I went outside with the family to soak up a little early afternoon sun and was standing near the coop. One of my girls came running up to my feet and kept loudly "yelling" at me. I walked away from her but she followed me around and kept squawking. My husband says that she had just come out of the coop maybe she laid an egg. So I went in and checked. Sure enough there was a warm egg sitting in the nesting box!
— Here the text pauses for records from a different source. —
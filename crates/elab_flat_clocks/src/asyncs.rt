// The asynchronous resets that blocks wait for.

ghost use Rattle.std.specs.Prelude.{◌≡◌, ◌++◌, [], true, false, IfOk, OnOk, map};
ghost use Rattle.elab_flat_scopes.specs.Borrowed.{name_meant};
ghost use Rattle.elab_flat_clocks.specs.Timings.{reset_meant};
ghost use Rattle.elab_flat_clocks.specs.Driving.{timed_meant};
ghost use Rattle.elab_flat_clocks.specs.Clocking.{is_at, resets_at, fresh, async_at, asyncs_at};

use crate::{Reset, Timing};
use outside::Text;
use sqlite_items::Items;
use std::alloc::{AllocError, Global};
use std::collections::HashSet;
use vlog_tree_runs::Async;

fn is_at(reset: Reset<'_>, high: bool) -> bool
    ensures { result ≡ is_at high (reset_meant reset.entry) }
{
    if high { reset.high } else { !reset.high }
}

// The names of the resets that are active at a level.
fn resets_at<'a>(
    alloc: Global,
    timings: &[Timing<'a>],
    high: bool,
) -> Result<Vec<&'a Text>, AllocError>
    ensures { IfOk result (λ r. map name_meant r.items ≡ resets_at high (map timed_meant timings.now)) }
{
    let mut all = Vec::new(alloc);
    for timing in timings {
        if let Some(reset) = timing.reset {
            if is_at(reset, high) {
                all.push(reset.name)?;
            }
        }
    }
    Ok(all)
}

// Each name once.
fn fresh<'a>(alloc: Global, names: &[&'a Text]) -> Result<Vec<&'a Text>, AllocError>
    ensures { IfOk result (λ r. map name_meant r.items ≡ fresh [] (map name_meant names.now)) }
{
    let mut done = HashSet::new(alloc);
    let mut all = Vec::new(alloc);
    for name in names {
        if done.insert(name.bytes())? {
            all.push(*name)?;
        }
    }
    Ok(all)
}

fn add_asyncs(
    all: &mut Items<Async>,
    alloc: Global,
    names: &[&Text],
    high: bool,
) -> Result<(), AllocError>
    ensures { OnOk result (all.new ≡ all.old ++ map (async_at high) (map name_meant names.now)) }
{
    for name in names {
        let name = Text::copy(alloc, name.bytes())?;
        all.push(Async { name, high })?;
    }
    Ok(())
}

fn add_at(
    all: &mut Items<Async>,
    alloc: Global,
    timings: &[Timing<'_>],
    high: bool,
) -> Result<(), AllocError>
    ensures { OnOk result (all.new ≡ all.old ++ asyncs_at high (map timed_meant timings.now)) }
{
    let names = resets_at(alloc, timings, high)?;
    let names = fresh(alloc, &names)?;
    add_asyncs(all, alloc, &names, high)
}

/// The asynchronous resets that blocks wait for, each once: those that are active high come first.
pub fn asyncs_of(alloc: Global, timings: &[Timing<'_>]) -> Result<Items<Async>, AllocError>
    ensures { IfOk result (λ r. r ≡ asyncs_at true (map timed_meant timings.now) ++ asyncs_at false
        (map timed_meant timings.now)) }
{
    let mut all = Items::new(alloc);
    add_at(&mut all, alloc, timings, true)?;
    add_at(&mut all, alloc, timings, false)?;
    Ok(all)
}
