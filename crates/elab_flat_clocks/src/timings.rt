// What the blocks with edges of all scopes wait for, in inputs of the top (IEEE 1364-2005, section 9.7.4; IEEE
// 1364.1-2002, section 5.2.2).

ghost use Rattle.std.specs.Prelude.{◌≡◌, ◌++◌, ◌∷◌, [], IfOk, IfErr, OnOk, length, map, option_to_list};
ghost use Rattle.std.specs.Option.{option_map};
ghost use Rattle.vlog_tree_runs.specs.Contents.{blocks_in};
ghost use Rattle.elab_flat_faults.specs.FlatStands.{Refuses};
ghost use Rattle.elab_flat_scopes.specs.Borrowed.{block_meant};
ghost use Rattle.elab_flat_instances.specs.Unfolding.{scope_meant};
ghost use Rattle.elab_flat_clocks.specs.Timings.{reset_meant};
ghost use Rattle.elab_flat_clocks.specs.Driving.{timed_meant, reset_reached, timed_reached, IsDrivenBy, AreTimingsBy, AreTimingsOf, BreaksTiming, BreaksTimings, StandsBy};

use crate::{Reset, Table, Timing, timing_of};
use elab_flat_faults::FlatFault;
use elab_flat_instances::{Scope, full_name};
use elab_flat_scopes::{Block, blocks_in};
use std::alloc::{AllocError, Global};
use vlog_tree::{Edge, Events, Stmt};

// The input of the top that a reset is.
fn reset_reached<'a>(table: &Table<'a>, reset: Reset<'_>) -> Option<Reset<'a>>
    ensures { option_map reset_meant result ≡ reset_reached table.now (reset_meant reset.entry) }
{
    match table.input(reset.name.bytes()) {
        Some(name) => Some(Reset {
            name,
            high: reset.high,
        }),
        None => None,
    }
}

// The inputs of the top that a clock and its reset are.
fn timed_reached<'a>(table: &Table<'a>, timing: Timing<'_>) -> Option<Timing<'a>>
    ensures { option_map timed_meant result ≡ timed_reached table.now (timed_meant timing.entry) }
{
    let clock = match table.input(timing.clock.bytes()) {
        Some(clock) => clock,
        None => return None,
    };
    match timing.reset {
        Some(reset) => match reset_reached(table, reset) {
            Some(reset) => Some(Timing {
                clock,
                reset: Some(reset),
            }),
            None => None,
        },
        None => Some(Timing { clock, reset: None }),
    }
}

// What a block with edges waits for, in inputs of the top.
fn driven<'a>(table: &Table<'a>, edges: &[Edge], body: &Stmt) -> Option<Timing<'a>>
    ensures { IsDrivenBy table.now edges.now body.now (option_map timed_meant result) }
{
    match timing_of(edges, body) {
        Some(timing) => timed_reached(table, timing),
        None => None,
    }
}

// What a block waits for, none where it has no edges. A refusal's fault stands at the scope.
fn block_timing<'a>(
    alloc: Global,
    scope: &Scope<'_>,
    table: &Table<'a>,
    block: &Block<'_>,
) -> Result<Option<Timing<'a>>, FlatFault>
    ensures ok { IfOk result (λ r. AreTimingsBy table.now (block_meant block.now ∷ [])
        (option_to_list (option_map timed_meant r))) }
    ensures err { IfErr result (Refuses (BreaksTiming (scope_meant scope.now) table.now (block_meant block.now))) }
{
    let edges = match block.events {
        Events::Edges(edges) => edges.as_slice(),
        Events::All => return Ok(None),
        Events::Names(_) => return Ok(None),
    };
    if let Some(timing) = driven(table, edges, block.body) {
        return Ok(Some(timing));
    }
    match edges.first() {
        Some(edge) => {
            let name = full_name(alloc, scope.prefix.bytes(), edge.name.bytes())?;
            Err(FlatFault::Clock(name))
        }
        None => Ok(None),
    }
}

fn add_timing<'a>(all: &mut Vec<Timing<'a>>, timing: Option<Timing<'a>>) -> Result<(), AllocError>
    ensures { OnOk result (map timed_meant all.new.items ≡ map timed_meant all.old.items ++ option_to_list
        (option_map timed_meant timing.entry)) }
{
    if let Some(timing) = timing {
        all.push(timing)?;
    }
    Ok(())
}

fn timings_among<'a>(
    alloc: Global,
    scope: &Scope<'_>,
    table: &Table<'a>,
    blocks: &[Block<'_>],
) -> Result<Vec<Timing<'a>>, FlatFault>
    requires { map block_meant blocks.now ≡ blocks_in scope.now.text.now }
    ensures ok { IfOk result (λ r. AreTimingsBy table.now (blocks_in scope.now.text.now) (map timed_meant r.items)) }
    ensures err { IfErr result (Refuses (BreaksTimings (scope_meant scope.now) table.now)) }
{
    let mut all = Vec::new(alloc);
    for block in blocks {
        match block_timing(alloc, scope, table, block) {
            Ok(timing) => add_timing(&mut all, timing)?,
            Err(fault) => return Err(fault),
        }
    }
    Ok(all)
}

// What the blocks with edges of a scope wait for. A refusal's fault stands at the scope.
fn scope_timings<'a>(
    alloc: Global,
    scope: &Scope<'_>,
    table: &Table<'a>,
) -> Result<Vec<Timing<'a>>, FlatFault>
    ensures ok { IfOk result (λ r. AreTimingsBy table.now (blocks_in scope.now.text.now) (map timed_meant r.items)) }
    ensures err { IfErr result (Refuses (BreaksTimings (scope_meant scope.now) table.now)) }
{
    let blocks = blocks_in(alloc, scope.text)?;
    timings_among(alloc, scope, table, &blocks)
}

/// What the blocks with edges of all scopes wait for, each scope with its table. A refusal's fault stands.
pub fn timings_of<'a>(
    alloc: Global,
    scopes: &[Scope<'_>],
    tables: &[Table<'a>],
) -> Result<Vec<Timing<'a>>, FlatFault>
    requires { length tables.now ≡ length scopes.now }
    ensures ok { IfOk result (λ r. AreTimingsOf (map scope_meant scopes.now) tables.now (map timed_meant r.items)) }
    ensures err { IfErr result (Refuses (StandsBy (map scope_meant scopes.now) tables.now)) }
{
    let mut all = Vec::new(alloc);
    let mut at = 0;
    for scope in scopes {
        let mut more = match scope_timings(alloc, scope, &tables[at]) {
            Ok(more) => more,
            Err(fault) => return Err(fault),
        };
        all.append(&mut more)?;
        at += 1;
    }
    Ok(all)
}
After I got it and told her she did a good job she stopped her squawking. She wanted recognition for her perfect egg! Funny girl!


----------



## chickadee3 (Apr 14, 2013)

Aww! Thats lovely!! I have one girl that squawks for all the others when they lay and she'll only be quiet when you collect the egg and say 'well done' to them!! Hee hee, they are fabulous aren't they?! xx


----------



## 7chicks (Jun 29, 2012)

What a cutie Gen! Just love these chickens of ours. So full of personality!


----------



## LittleWings (Jul 15, 2013)

I love the egg laying song. 
Do a youtube search for "egg laying song", there are some funny ones.


----------



## GenFoe (Apr 3, 2013)

She came up to the front window today to tell us she laid an egg this morning! Haha I sent out my 5 year old to get it and give her a pet on the head. She is one funny bird!!


----------



## ChickensSayMoo (Sep 5, 2012)

How cute 
I have a barnie that lets the whole world know she has laid an egg! She sings for so long, she usually has a snack & a drink of water towards the end of her song, all the while still singing.....it sounds like she is gargling or under water


----------



## GenFoe (Apr 3, 2013)

Now both Colombian rock X hens come tell us when they have laid an egg!!

One came up to the back door while we eating breakfast, then a few hours later the other came to the front window. It sure makes egg collecting easy when they let me know they are laying!!


----------



## jennifer (May 14, 2013)

That's awesome! I wondered why my young hens would be loud! That's why!!!


----------